Data shown
//! Maps from names to the tables that drive them, and to their signals.

ghost use Rattle.std.specs.Prelude.{◌≡◌, ◌<◌, ◌^◌, ◌+◌, ◌++◌, map, length, None, OnOk, IfOk};
ghost use Rattle.std.specs.List.{filter_map};
ghost use Rattle.indexmap.specs.IndexMap.{get};
ghost use Rattle.net_theory.specs.Document.{is_same, Name};
ghost use Rattle.net_theory.specs.NetOf.{driver_of, graph_of as graph_of_tables, with_signal, with_sources};
ghost use Rattle.net_theory.specs.NetOf.{signal_of as signal_of_name};
ghost use Rattle.net_theory.specs.Document.{latch_of, latch_input, latch_output, sink_names};
ghost use Rattle.net_build.specs.Parts.{graph_by as graph_by_drivers, with_driver};

use graph_core::Fanins;
use indexmap::IndexMap;
use net_core::{Name, Sig};
use net_document::{Document, LatchLine, Table};
use std::alloc::{AllocError, Global};

/// Records that `table` drives `name`.
#[tactic(auto, using(crate::proofs::Names::updates))]
fn set_driver(drivers: &mut IndexMap<Name, u32>, name: &Name, table: u32) -> Result<(), AllocError>
    ensures { OnOk result (get is_same drivers.new ≡ with_driver (get is_same drivers.old) name.now table) }
{
    drivers.insert(name.copied()?, table)?;
    Ok(())
}

/// Records the drivers of names; if several tables drive a name, the first one.
#[tactic(auto, using(crate::proofs::Drivers::drivers))]
fn set_drivers(drivers: &mut IndexMap<Name, u32>, tables: &[Table]) -> Result<(), AllocError>
    requires none { get is_same drivers.old ≡ (λ n. None) }
    requires few { length tables.now < 2 ^ 31 }
    ensures { OnOk result (get is_same drivers.new ≡ driver_of tables.now) }
{
    let mut left = tables;
    while let Some((table, rest)) = left.split_last() {
        set_driver(drivers, &table.output, rest.len() as u32)?;
        left = rest;
    }
    Ok(())
}

/// The tables that drive `names`, in order.
fn reads_of(
    alloc: Global,
    drivers: &IndexMap<Name, u32>,
    names: &[Name],
) -> Result<Fanins, AllocError>
    ensures { IfOk result (λ r. r ≡ filter_map (get is_same drivers.now) names.now) }
{
    let mut reads = Vec::new(alloc);
    let mut left = names;
    while let Some((name, rest)) = left.split_first() {
        left = rest;
        if let Some(table) = drivers.get(name) {
            reads.push(*table)?;
        }
    }
    Ok(Fanins::new(reads))
}

/// For each table its fanins, looked up in `drivers`.
#[tactic(auto, unfolding(crate::specs::Parts::graph_by))]
fn graph_by(
    alloc: Global,
    drivers: &IndexMap<Name, u32>,
    tables: &[Table],
) -> Result<Vec<Fanins>, AllocError>
    ensures { IfOk result (λ graph. graph.items ≡ graph_by_drivers (get is_same drivers.now) tables.now) }
{
    let mut graph = Vec::new(alloc);
    let mut left = tables;
    while let Some((table, rest)) = left.split_first() {
        graph.push(reads_of(alloc, drivers, &table.inputs)?)?;
        left = rest;
    }
    Ok(graph)
}

/// For each table its fanins: the tables that drive its inputs, in order.
#[tactic(auto, using(crate::proofs::Drivers::graphs))]
pub fn graph_of(alloc: Global, tables: &[Table]) -> Result<Vec<Fanins>, AllocError>
    requires { length tables.now < 2 ^ 31 }
    ensures { IfOk result (λ graph. graph.items ≡ graph_of_tables tables.now) }
{
    let mut drivers = IndexMap::new(alloc);
    set_drivers(&mut drivers, tables)?;
    graph_by(alloc, &drivers, tables)
}

/// Binds a name to a signal.
#[tactic(auto, using(crate::proofs::Names::updates))]
pub fn set_signal(
    signals: &mut IndexMap<Name, Sig>,
    name: &Name,
    sig: Sig,
) -> Result<(), AllocError>
    ensures { OnOk result (get is_same signals.new ≡ with_signal (get is_same signals.old) name.now sig) }
{
    signals.insert(name.copied()?, sig)?;
    Ok(())
}

/// The signal of a name.
pub fn signal_of(signals: &IndexMap<Name, Sig>, name: &Name) -> Sig
    ensures { result ≡ signal_of_name (get is_same signals.now) name.now }
{
    match signals.get(name) {
        Some(sig) => *sig,
        None => Sig::Zero,
    }
}

/// Adds the signals of `names` to `found`.
pub fn push_signals(
    signals: &IndexMap<Name, Sig>,
    names: &[Name],
    found: &mut Vec<Sig>,
) -> Result<(), AllocError>
    ensures { OnOk result (found.new.items ≡ found.old.items ++
        map (signal_of_name (get is_same signals.now)) names.now) }
{
    let mut left = names;
    while let Some((name, rest)) = left.split_first() {
        found.push(signal_of(signals, name))?;
        left = rest;
    }
    Ok(())
}

/// Adds the signals of the latches' inputs to `found`.
fn push_latch_signals(
    signals: &IndexMap<Name, Sig>,
    latches: &[LatchLine],
    found: &mut Vec<Sig>,
) -> Result<(), AllocError>
    ensures { OnOk result (found.new.items ≡ found.old.items ++
        map (signal_of_name (get is_same signals.now)) (map latch_input latches.now)) }
{
    let mut left = latches;
    while let Some((latch, rest)) = left.split_first() {
        found.push(signal_of(signals, &latch.input))?;
        left = rest;
    }
    Ok(())
}

/// Binds `names` to the nodes from `first` on.
#[tactic(auto, unfolding(net_theory::specs::NetOf::with_sources))]
pub fn number_names(
    signals: &mut IndexMap<Name, Sig>,
    first: u32,
    names: &[Name],
) -> Result<(), AllocError>
    requires { first + length names.now < 2 ^ 32 }
    ensures { OnOk result (get is_same signals.new ≡ with_sources (get is_same signals.old) first names.now) }
{
    let mut node = first;
    let mut left = names;
    while let Some((name, rest)) = left.split_first() {
        set_signal(signals, name, Sig::Node(node))?;
        node += 1;
        left = rest;
    }
    Ok(())
}

/// Binds the latches' outputs to the nodes from `first` on.
#[tactic(auto, unfolding(net_theory::specs::NetOf::with_sources))]
pub fn number_latches(
    signals: &mut IndexMap<Name, Sig>,
    first: u32,
    latches: &[LatchLine],
) -> Result<(), AllocError>
    requires { first + length latches.now < 2 ^ 32 }
    ensures { OnOk result (get is_same signals.new ≡ with_sources (get is_same signals.old) first
        (map latch_output (map latch_of latches.now))) }
{
    let mut node = first;
    let mut left = latches;
    while let Some((latch, rest)) = left.split_first() {
        set_signal(signals, &latch.latch.output, Sig::Node(node))?;
        node += 1;
        left = rest;
    }
    Ok(())
}

/// The signals of the outputs, then of the latches' inputs.
#[tactic(auto, using(crate::proofs::Growths::sinks))]
pub fn sinks_of(
    alloc: Global,
    signals: &IndexMap<Name, Sig>,
    document: &Document,
) -> Result<Vec<Sig>, AllocError>
    ensures { IfOk result (λ sinks. sinks.items ≡ map (signal_of_name (get is_same signals.now))
        (sink_names document.now)) }
{
    let mut sinks = Vec::new(alloc);
    push_signals(signals, &document.outputs, &mut sinks)?;
    push_latch_signals(signals, &document.latches, &mut sinks)?;
    Ok(sinks)
}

Work item
Stopping at the line containing "fn set_driver(drivers: &mut", please repeat exactly every line from the very start of the entries, that line included, and nothing more.

Task answer
//! Maps from names to the tables that drive them, and to their signals.

ghost use Rattle.std.specs.Prelude.{◌≡◌, ◌<◌, ◌^◌, ◌+◌, ◌++◌, map, length, None, OnOk, IfOk};
ghost use Rattle.std.specs.List.{filter_map};
ghost use Rattle.indexmap.specs.IndexMap.{get};
ghost use Rattle.net_theory.specs.Document.{is_same, Name};
ghost use Rattle.net_theory.specs.NetOf.{driver_of, graph_of as graph_of_tables, with_signal, with_sources};
ghost use Rattle.net_theory.specs.NetOf.{signal_of as signal_of_name};
ghost use Rattle.net_theory.specs.Document.{latch_of, latch_input, latch_output, sink_names};
ghost use Rattle.net_build.specs.Parts.{graph_by as graph_by_drivers, with_driver};

use graph_core::Fanins;
use indexmap::IndexMap;
use net_core::{Name, Sig};
use net_document::{Document, LatchLine, Table};
use std::alloc::{AllocError, Global};

/// Records that `table` drives `name`.
#[tactic(auto, using(crate::proofs::Names::updates))]
fn set_driver(drivers: &mut IndexMap<Name, u32>, name: &Name, table: u32) -> Result<(), AllocError>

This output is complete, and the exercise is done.